EXERCISE:
Using the data below, return every line that holds the word "after".

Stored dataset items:

++++++++

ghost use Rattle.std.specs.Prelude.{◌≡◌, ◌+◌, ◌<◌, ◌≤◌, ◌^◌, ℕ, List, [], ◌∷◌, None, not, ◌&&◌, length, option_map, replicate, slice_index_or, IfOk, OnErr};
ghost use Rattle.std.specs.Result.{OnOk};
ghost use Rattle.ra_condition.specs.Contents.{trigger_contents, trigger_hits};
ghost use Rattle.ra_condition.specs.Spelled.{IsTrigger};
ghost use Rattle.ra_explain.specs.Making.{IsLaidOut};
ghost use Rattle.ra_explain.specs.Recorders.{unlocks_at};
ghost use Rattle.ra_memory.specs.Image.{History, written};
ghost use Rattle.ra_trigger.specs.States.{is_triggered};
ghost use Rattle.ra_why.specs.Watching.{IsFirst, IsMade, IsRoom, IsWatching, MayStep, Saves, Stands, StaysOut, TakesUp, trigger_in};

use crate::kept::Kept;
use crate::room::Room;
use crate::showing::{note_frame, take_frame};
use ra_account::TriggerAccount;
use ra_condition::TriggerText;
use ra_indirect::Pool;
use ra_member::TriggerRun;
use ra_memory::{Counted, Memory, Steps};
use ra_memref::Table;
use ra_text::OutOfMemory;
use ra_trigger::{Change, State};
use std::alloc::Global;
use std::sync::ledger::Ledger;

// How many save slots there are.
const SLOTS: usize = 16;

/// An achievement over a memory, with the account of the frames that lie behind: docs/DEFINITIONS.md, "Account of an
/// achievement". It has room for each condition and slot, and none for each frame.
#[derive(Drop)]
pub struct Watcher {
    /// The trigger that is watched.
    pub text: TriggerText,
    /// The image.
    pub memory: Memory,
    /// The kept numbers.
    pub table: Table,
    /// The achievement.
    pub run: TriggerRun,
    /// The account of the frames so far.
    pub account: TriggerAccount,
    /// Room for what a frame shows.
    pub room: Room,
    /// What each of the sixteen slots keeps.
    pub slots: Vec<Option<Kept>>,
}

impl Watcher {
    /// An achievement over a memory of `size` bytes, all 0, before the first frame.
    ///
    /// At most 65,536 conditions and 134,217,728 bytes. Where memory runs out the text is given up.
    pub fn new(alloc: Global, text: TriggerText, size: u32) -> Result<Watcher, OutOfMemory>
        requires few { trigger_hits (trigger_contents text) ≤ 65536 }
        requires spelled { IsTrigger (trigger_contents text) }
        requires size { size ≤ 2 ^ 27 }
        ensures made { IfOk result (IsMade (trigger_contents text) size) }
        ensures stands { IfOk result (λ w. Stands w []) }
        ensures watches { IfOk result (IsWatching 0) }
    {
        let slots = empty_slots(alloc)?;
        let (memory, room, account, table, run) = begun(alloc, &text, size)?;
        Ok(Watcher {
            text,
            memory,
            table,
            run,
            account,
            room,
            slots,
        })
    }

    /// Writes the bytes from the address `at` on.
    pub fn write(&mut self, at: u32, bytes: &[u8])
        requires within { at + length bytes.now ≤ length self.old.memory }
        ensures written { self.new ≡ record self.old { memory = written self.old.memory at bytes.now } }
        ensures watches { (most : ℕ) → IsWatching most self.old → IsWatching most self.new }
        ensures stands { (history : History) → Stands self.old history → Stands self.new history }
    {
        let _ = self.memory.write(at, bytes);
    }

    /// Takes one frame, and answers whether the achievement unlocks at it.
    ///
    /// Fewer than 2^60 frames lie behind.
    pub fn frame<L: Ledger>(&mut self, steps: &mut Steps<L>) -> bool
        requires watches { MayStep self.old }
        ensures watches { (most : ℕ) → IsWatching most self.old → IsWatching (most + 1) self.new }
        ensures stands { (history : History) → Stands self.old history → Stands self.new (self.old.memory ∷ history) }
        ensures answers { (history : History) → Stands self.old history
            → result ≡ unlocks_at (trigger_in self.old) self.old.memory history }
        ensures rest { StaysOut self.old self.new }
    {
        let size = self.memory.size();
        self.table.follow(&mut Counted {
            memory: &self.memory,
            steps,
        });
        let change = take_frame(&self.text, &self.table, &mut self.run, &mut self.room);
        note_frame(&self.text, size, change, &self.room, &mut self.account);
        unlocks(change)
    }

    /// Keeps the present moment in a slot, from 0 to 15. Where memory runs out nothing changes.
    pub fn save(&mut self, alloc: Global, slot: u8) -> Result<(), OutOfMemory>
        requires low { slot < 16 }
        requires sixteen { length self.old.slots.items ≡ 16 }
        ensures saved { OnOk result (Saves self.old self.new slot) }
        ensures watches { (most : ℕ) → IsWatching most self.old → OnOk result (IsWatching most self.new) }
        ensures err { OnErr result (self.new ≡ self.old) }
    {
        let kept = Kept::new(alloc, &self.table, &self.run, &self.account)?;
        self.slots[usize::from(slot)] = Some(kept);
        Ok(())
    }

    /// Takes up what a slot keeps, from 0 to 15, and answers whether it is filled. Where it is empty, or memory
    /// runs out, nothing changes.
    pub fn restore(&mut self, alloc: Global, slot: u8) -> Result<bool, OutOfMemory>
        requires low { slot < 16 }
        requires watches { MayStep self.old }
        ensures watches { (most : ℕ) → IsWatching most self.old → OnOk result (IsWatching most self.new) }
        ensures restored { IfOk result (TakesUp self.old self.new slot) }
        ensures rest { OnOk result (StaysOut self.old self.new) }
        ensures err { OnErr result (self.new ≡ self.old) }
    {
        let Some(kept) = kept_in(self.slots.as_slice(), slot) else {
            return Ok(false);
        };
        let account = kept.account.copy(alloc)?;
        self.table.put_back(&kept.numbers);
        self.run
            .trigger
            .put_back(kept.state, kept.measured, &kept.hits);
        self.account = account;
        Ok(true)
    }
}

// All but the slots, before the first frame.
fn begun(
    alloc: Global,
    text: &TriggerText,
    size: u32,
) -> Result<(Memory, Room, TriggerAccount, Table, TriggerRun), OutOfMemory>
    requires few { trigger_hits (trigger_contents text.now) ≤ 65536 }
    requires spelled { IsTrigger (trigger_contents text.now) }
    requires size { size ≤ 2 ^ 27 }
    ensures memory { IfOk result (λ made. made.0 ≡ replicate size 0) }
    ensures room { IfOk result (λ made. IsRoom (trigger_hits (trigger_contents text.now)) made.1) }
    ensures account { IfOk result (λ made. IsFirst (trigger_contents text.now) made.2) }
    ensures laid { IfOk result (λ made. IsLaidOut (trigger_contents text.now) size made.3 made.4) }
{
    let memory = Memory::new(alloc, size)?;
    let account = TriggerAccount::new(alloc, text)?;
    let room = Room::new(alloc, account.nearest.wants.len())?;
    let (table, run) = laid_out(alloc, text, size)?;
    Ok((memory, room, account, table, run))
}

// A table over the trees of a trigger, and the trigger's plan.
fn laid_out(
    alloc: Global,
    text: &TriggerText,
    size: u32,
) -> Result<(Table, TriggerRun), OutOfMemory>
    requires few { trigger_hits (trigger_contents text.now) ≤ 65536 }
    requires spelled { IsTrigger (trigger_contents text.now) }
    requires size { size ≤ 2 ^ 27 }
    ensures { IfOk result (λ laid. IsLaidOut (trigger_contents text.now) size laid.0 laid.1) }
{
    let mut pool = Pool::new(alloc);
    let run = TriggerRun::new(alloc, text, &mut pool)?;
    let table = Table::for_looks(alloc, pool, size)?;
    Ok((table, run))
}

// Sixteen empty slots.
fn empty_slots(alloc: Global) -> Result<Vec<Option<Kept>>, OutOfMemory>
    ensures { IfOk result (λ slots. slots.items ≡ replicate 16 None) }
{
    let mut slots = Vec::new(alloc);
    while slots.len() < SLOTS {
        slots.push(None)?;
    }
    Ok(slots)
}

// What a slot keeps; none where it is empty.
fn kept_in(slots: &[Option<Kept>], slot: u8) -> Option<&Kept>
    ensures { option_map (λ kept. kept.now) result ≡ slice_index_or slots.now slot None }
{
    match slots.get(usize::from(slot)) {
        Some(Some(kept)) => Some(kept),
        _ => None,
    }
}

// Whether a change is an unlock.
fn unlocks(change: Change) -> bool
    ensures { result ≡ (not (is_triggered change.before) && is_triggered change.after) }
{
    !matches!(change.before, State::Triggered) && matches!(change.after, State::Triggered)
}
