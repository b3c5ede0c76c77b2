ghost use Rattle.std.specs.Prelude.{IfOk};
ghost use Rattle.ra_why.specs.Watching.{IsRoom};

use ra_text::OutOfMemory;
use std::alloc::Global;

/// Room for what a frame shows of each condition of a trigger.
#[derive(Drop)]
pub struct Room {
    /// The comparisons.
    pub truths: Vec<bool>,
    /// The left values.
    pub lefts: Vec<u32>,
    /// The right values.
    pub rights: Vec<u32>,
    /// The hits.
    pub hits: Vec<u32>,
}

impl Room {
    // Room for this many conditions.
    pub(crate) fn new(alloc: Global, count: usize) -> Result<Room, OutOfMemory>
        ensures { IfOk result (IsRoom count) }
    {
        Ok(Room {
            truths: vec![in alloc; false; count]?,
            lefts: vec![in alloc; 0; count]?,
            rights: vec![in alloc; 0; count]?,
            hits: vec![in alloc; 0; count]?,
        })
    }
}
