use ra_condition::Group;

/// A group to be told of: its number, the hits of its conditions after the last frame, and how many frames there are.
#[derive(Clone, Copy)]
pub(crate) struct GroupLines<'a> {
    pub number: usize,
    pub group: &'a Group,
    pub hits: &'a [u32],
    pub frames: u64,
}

++++++++

WRITTEN REPLY:
    ensures { result ≡ (not (is_triggered change.before) && is_triggered change.after) }
    !matches!(change.before, State::Triggered) && matches!(change.after, State::Triggered)
/// A group to be told of: its number, the hits of its conditions after the last frame, and how many frames there are.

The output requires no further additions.